• PROBLEM DETAILS
Where the records below reach the line containing "fn hang_up(&mut self)", start transcribing, and end with the line containing "calls → heard", exactly and with nothing else added.

Saved data entries:
= = = = =

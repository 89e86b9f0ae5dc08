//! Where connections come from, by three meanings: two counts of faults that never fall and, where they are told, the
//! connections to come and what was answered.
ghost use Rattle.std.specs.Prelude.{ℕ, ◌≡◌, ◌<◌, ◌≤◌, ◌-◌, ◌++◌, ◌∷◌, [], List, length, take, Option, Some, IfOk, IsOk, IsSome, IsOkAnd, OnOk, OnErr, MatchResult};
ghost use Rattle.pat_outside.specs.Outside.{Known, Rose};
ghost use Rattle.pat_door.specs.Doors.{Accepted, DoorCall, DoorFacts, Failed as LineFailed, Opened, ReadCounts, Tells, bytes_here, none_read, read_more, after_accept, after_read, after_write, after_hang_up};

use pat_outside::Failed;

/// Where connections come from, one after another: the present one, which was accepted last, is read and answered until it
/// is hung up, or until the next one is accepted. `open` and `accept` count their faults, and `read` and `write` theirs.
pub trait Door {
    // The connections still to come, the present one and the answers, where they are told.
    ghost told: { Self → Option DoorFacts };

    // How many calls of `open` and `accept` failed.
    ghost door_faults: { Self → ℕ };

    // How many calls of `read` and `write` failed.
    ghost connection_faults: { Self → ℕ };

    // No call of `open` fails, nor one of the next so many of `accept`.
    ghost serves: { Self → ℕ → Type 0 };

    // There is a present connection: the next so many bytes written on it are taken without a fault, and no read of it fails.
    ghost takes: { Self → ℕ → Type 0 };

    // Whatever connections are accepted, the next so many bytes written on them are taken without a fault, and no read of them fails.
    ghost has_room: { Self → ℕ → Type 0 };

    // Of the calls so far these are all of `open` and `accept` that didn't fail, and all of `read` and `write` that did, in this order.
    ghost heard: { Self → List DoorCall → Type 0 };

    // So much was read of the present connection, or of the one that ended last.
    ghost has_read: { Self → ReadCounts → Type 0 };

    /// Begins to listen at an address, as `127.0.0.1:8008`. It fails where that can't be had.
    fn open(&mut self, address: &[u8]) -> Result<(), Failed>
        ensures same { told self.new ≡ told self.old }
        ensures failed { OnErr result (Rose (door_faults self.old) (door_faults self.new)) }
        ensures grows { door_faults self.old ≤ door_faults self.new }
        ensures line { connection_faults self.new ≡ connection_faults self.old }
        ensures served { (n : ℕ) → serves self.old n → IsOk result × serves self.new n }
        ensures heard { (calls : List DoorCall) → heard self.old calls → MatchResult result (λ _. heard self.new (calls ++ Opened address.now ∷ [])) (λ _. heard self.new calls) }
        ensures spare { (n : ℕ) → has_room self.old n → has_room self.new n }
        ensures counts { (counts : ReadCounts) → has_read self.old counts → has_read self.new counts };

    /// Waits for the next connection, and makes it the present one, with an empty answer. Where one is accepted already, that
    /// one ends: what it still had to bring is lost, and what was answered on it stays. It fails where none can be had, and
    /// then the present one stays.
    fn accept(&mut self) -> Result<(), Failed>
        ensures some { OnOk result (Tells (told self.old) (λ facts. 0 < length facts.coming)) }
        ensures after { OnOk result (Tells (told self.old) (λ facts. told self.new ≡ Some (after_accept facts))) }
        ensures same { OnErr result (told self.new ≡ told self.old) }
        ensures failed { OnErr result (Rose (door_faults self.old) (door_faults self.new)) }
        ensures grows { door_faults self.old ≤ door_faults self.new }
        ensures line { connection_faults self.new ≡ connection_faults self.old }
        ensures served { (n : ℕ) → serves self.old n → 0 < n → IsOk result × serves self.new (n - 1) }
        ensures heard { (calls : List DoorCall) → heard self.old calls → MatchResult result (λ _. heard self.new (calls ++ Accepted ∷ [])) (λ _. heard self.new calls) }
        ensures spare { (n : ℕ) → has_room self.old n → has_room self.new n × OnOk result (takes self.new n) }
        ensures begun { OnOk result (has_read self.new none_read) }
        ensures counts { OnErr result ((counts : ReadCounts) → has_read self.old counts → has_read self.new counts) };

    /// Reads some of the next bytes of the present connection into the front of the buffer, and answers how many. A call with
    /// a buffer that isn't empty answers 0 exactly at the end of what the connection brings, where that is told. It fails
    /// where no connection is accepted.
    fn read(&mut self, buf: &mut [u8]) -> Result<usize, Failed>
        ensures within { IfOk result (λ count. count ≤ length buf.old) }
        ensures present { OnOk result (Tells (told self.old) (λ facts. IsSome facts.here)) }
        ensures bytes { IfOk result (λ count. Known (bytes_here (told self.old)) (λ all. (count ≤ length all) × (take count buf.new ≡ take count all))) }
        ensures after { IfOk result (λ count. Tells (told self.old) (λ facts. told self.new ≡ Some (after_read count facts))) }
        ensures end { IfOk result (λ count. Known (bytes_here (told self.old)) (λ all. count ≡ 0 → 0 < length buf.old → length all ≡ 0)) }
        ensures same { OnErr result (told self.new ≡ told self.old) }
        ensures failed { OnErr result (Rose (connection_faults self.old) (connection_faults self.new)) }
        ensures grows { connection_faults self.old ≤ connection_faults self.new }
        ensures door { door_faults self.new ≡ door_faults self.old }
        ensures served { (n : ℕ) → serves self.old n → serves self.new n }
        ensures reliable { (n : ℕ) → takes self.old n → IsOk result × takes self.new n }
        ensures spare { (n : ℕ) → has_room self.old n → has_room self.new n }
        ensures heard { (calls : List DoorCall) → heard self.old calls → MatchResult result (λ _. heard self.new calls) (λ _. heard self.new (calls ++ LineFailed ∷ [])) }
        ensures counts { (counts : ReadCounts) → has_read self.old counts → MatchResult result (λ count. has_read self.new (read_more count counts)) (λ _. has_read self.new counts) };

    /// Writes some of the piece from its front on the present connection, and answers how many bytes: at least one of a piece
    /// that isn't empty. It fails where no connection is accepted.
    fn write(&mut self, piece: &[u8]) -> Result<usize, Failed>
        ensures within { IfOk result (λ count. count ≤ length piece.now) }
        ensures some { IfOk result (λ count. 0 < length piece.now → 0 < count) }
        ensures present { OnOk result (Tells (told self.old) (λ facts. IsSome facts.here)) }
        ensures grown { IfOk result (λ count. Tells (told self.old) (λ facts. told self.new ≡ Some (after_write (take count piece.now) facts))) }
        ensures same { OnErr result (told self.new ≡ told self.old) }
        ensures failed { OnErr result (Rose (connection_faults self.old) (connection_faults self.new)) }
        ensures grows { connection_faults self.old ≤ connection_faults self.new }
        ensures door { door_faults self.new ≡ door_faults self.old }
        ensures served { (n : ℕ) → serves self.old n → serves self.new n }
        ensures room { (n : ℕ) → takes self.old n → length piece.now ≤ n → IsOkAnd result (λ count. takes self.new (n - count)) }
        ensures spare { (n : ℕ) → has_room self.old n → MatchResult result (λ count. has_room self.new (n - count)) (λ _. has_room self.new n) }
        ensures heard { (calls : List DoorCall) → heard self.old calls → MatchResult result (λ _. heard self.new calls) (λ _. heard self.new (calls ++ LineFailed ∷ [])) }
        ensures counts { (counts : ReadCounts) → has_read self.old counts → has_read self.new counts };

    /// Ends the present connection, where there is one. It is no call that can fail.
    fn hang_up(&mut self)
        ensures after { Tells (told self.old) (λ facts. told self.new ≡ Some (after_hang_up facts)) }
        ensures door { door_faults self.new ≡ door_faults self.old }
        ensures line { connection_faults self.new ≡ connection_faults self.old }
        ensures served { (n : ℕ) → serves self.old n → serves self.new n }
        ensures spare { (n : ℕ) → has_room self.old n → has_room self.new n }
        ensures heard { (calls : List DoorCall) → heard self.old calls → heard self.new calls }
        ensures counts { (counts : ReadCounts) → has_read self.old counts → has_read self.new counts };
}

= = = = =

• THE ANSWER
    fn hang_up(&mut self)
        ensures after { Tells (told self.old) (λ facts. told self.new ≡ Some (after_hang_up facts)) }
        ensures door { door_faults self.new ≡ door_faults self.old }
        ensures line { connection_faults self.new ≡ connection_faults self.old }
        ensures served { (n : ℕ) → serves self.old n → serves self.new n }
        ensures spare { (n : ℕ) → has_room self.old n → has_room self.new n }
        ensures heard { (calls : List DoorCall) → heard self.old calls → heard self.new calls }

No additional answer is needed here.